I didn’t understand. Why do we talk about white supremacy? Aren’t the white supremacists the ones that go around marching with weird torches and costumes? That’s not us. What I didn’t realize was how effective white culture has been in perpetuating elements of slavery in all but name as much as it could in the systems of white culture that dominate our country.
I wanted to understand. When people leave the church it is a loss for the church and it is also a personal loss for me. Not understanding why people would leave left me saddened and helpless to do anything about it.
Friendships are important to me. I enjoy being in racially diverse groups of people and find friendships with people from different backgrounds to be enriching.
After I retired many years ago, I started riding my bicycle with a group that rode 35 miles every Friday. That group was not diverse at that time. It was mostly made up of white retired people who could ride on weekdays with a couple of others that had flexible work schedules. Over the years, that group has changed in many ways. It went to two rides a week, Tuesdays and Fridays. I became a co-leader of the ride.
As new people joined, it became more diverse in age, background, ability, and, more relevant here, race. I don’t know why that happened. We didn’t do anything intentionally except try to keep our group welcoming to slower riders. It was probably just due to the new people joining us being younger but the diversity made for a much richer experience for me. However, when it comes to race I am not always comfortable and I experienced that here as well. I found myself being careful to avoid offending people due to my lack of understanding and not knowing what would be inappropriate. That did get in the way of my relationships and that was painful to me.
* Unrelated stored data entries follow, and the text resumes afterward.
//! Conversions while memory is wanting, which is never told as an error of the conversion (section 3.11 of the Specification).

use crate::inputs::{Input, Scalar, ending, read_input};
use crate::turns::{Ended, Room, Task, Turn, tried};
use juniper_conversions::{ID, Nullable};
use juniper_values::{FromInputValue, ToInputValue};
use std::alloc::{AllocError, Global};
use std::fmt::Debug;
use std::marker::PhantomData;

/// A value that is converted to a `T`, a copy of it, and what is answered.
#[derive(Drop)]
struct Converting<'v, T> {
    value: &'v Input,
    copy: Input,
    expected: &'static str,
    into: PhantomData<T>,
}

impl<'v, T> Task for Converting<'v, T>
where
    T: FromInputValue<Scalar> + Debug,
    T::Error: Debug,
{
    fn turn(&mut self, alloc: Global, room: Room) -> Turn {
        let held_back = room.hold_back(alloc);
        let outcome = T::from_input_value(alloc, self.value);
        drop(held_back);
        if *self.value == self.copy {
            ending(alloc, outcome, self.expected)
        } else {
            Turn::Wrong
        }
    }
}

/// How the turns ended in which the value of a text is converted to a `T`.
fn converted<T>(alloc: Global, text: &str, expected: &'static str) -> Result<Ended, AllocError>
where
    T: FromInputValue<Scalar> + Debug,
    T::Error: Debug,
{
    let value = read_input(alloc, text)?;
    let mut converting = Converting::<T> {
        value,
        copy: value.try_clone(alloc)?,
        expected,
        into: PhantomData,
    };
    tried(alloc, &mut converting)
}

/// A value of Rust that is written as an input value, and that value as a text.
#[derive(Drop)]
struct Writing<T> {
    value: T,
    expected: &'static str,
}

impl<T: ToInputValue<Scalar>> Task for Writing<T> {
    fn turn(&mut self, alloc: Global, room: Room) -> Turn {
        let held_back = room.hold_back(alloc);
        let outcome = self.value.to_input_value(alloc);
        drop(held_back);
        match outcome {
            Ok(written) => ending_with(written.to_string(alloc), self.expected),
            Err(_) => Turn::Refused,
        }
    }
}

/// How a turn ended that answered this text.
fn ending_with(text: Result<String, AllocError>, expected: &str) -> Turn {
    match text {
        Ok(text) if text.as_str() == expected => Turn::Answered,
        _ => Turn::Wrong,
    }
}

/// How the turns ended in which the value of a text, read as a `T`, is written again.
fn written<T>(alloc: Global, text: &'static str) -> Result<Ended, AllocError>
where
    T: FromInputValue<Scalar> + ToInputValue<Scalar>,
{
    match T::from_input_value(alloc, read_input(alloc, text)?)? {
        Ok(value) => tried(
            alloc,
            &mut Writing {
                value,
                expected: text,
            },
        ),
        Err(_) => Err(AllocError),
    }
}

/// A value that may be cloned, and the clone as it is shown.
#[derive(Drop)]
struct Cloning<'v> {
    value: &'v Vec<String>,
    expected: &'static str,
}

impl<'v> Task for Cloning<'v> {
    fn turn(&mut self, alloc: Global, room: Room) -> Turn {
        let lent = Nullable::Some(self.value);
        let held_back = room.hold_back(alloc);
        let outcome = lent.cloned();
        drop(held_back);
        ending(alloc, outcome, self.expected)
    }
}

/// How the turns ended in which a list of texts is cloned.
fn cloned(alloc: Global) -> Result<Ended, AllocError> {
    let mut value = Vec::new(alloc);
    for text in [
        "the first",
        "the second",
        "the third",
        "a",
        "b",
        "c",
        "d",
        "e",
    ] {
        value.push(String::from_str(alloc, text)?)?;
    }
    let mut cloning = Cloning {
        value: &value,
        expected: r#"Some(["the first", "the second", "the third", "a", "b", "c", "d", "e"])"#,
    };
    tried(alloc, &mut cloning)
}

#[test]
fn lists_in_lists(rt: HostRuntime) {
    let text =
        r#"[["the first of the texts, which is so long that memory is wanting for it alone in some turns", "the second of the texts, which is as long, so that there are turns in which the first is read"], "the third"]"#;
    let expected =
        r#"Ok([["the first of the texts, which is so long that memory is wanting for it alone in some turns", "the second of the texts, which is as long, so that there are turns in which the first is read"], ["the third"]])"#;
    assert_eq!(rt;
        converted::<Vec<Vec<String>>>(rt.alloc(), text, expected),
        Ok(Ended::Answered)
    );
}

#[test]
fn a_null_in_a_list(rt: HostRuntime) {
    let text =
        r#"[["the first of the texts, which is so long that memory is wanting for it alone in some turns", "the second of the texts, which is as long, so that there are turns in which the first is read"], "the third", null]"#;
    let expected = "Err(Item(Null))";
    assert_eq!(rt;
        converted::<Vec<Vec<String>>>(rt.alloc(), text, expected),
        Ok(Ended::Answered)
    );
}

#[test]
fn lists_in_an_array(rt: HostRuntime) {
    let text =
        r#"[["the first of the texts, which is so long that memory is wanting for it alone in some turns", 12, -7], "the third"]"#;
    let expected =
        r#"Ok([[ID { text: "the first of the texts, which is so long that memory is wanting for it alone in some turns" }, ID { text: "12" }, ID { text: "-7" }], [ID { text: "the third" }]])"#;
    assert_eq!(rt;
        converted::<[Vec<ID>; 2]>(rt.alloc(), text, expected),
        Ok(Ended::Answered)
    );
}

#[test]
fn another_scalar_in_an_array(rt: HostRuntime) {
    let text =
        r#"[["the first of the texts, which is so long that memory is wanting for it alone in some turns", "the second of the texts, which is as long, so that there are turns in which the first is read"], ["the third", true]]"#;
    let expected =
        r#"Err(Item(Item(FieldError { message: "Expected `String`, found another scalar", extensions: Null })))"#;
    assert_eq!(rt;
        converted::<[[String; 2]; 2]>(rt.alloc(), text, expected),
        Ok(Ended::Answered)
    );
}

#[test]
fn too_few_in_an_array(rt: HostRuntime) {
    let text =
        r#"[["the first of the texts, which is so long that memory is wanting for it alone in some turns", "the second of the texts, which is as long, so that there are turns in which the first is read"], ["the third"]]"#;
    let expected = "Err(Item(WrongCount { actual: 1, expected: 2 }))";
    assert_eq!(rt;
        converted::<[[String; 2]; 2]>(rt.alloc(), text, expected),
        Ok(Ended::Answered)
    );
}

#[test]
fn lists_that_may_be_null(rt: HostRuntime) {
    let text =
        r#"[["the first of the texts, which is so long that memory is wanting for it alone in some turns", null], ["the second of the texts, which is as long, so that there are turns in which the first is read", "the third of them"], null]"#;
    let expected =
        r#"Ok(Some([Some([Some("the first of the texts, which is so long that memory is wanting for it alone in some turns"), ExplicitNull]), Some([Some("the second of the texts, which is as long, so that there are turns in which the first is read"), Some("the third of them")]), ExplicitNull]))"#;
    assert_eq!(rt;
        converted::<Option<Vec<Nullable<Vec<Nullable<Box<String>>>>>>>(rt.alloc(), text, expected),
        Ok(Ended::Answered)
    );
}

#[test]
fn lists_are_written(rt: HostRuntime) {
    let text =
        r#"[["the first of the texts, which is so long that memory is wanting for it alone in some turns", "the second of the texts, which is as long, so that there are turns in which the first is read"], ["the third"]]"#;
    assert_eq!(rt;
        written::<Vec<Vec<String>>>(rt.alloc(), text),
        Ok(Ended::Answered)
    );
}

#[test]
fn arrays_are_written(rt: HostRuntime) {
    let text =
        r#"[["the first of the texts, which is so long that memory is wanting for it alone in some turns", null], ["the third", "the fourth"]]"#;
    assert_eq!(rt;
        written::<[[Option<ID>; 2]; 2]>(rt.alloc(), text),
        Ok(Ended::Answered)
    );
}

#[test]
fn nullable_values_are_cloned(rt: HostRuntime) {
    assert_eq!(rt; cloned(rt.alloc()), Ok(Ended::Answered));
}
When I heard of Study Circles, now Color Blind to Color Brave Conversation (CBCBC?), it sounded like a place to get my answers so I signed up.
I have avoided these kinds of programs in the past because I didn’t see myself as a part of the problem. I had heard that they were designed to make attendees uncomfortable and label them as racist. I liked to think of myself as colorblind because I would be unaware of seeing color in those that I had been friends with for a long time. It was similar to the way my awareness of other characteristics would fade over time. But an awareness of race is always there in meeting someone for the first time and it does make a difference. I do benefit by being among the dominant culture. Every time I benefit, I’m part of the problem. Do I want to give up these benefits? No. But do I want those who haven’t had them to have them now? Yes. There is abundance. There is enough to go around. Whether it is material goods or fair and proper treatment and respect.
I found Study Circles to be a place that gives permission to practice talking about racial issues with an understanding of where I was coming from and an appreciation of what it was like for others. The point wasn’t about making me feel guilty. It was about learning to be more comfortable with those whose experience is very different. It was about how we come together as a community.
Now do I understand? Do I have all the answers? No; a few but not all by any means. But I now have permission to talk about my lack of understanding and some skills in doing that. Isn’t that what is really important? To be in a continuing process of learning to be more sensitive to the experiences that others have lived. Particularly for those who have been and are continuing to be the target of deliberate efforts to withhold the rights that those in the dominant white culture take for granted.
I encourage you to participate in this program for your own benefit and also for the benefit of this church community. As more and more people among us do this work, we can’t help but be better able to welcome the diversity within our congregation that we seek.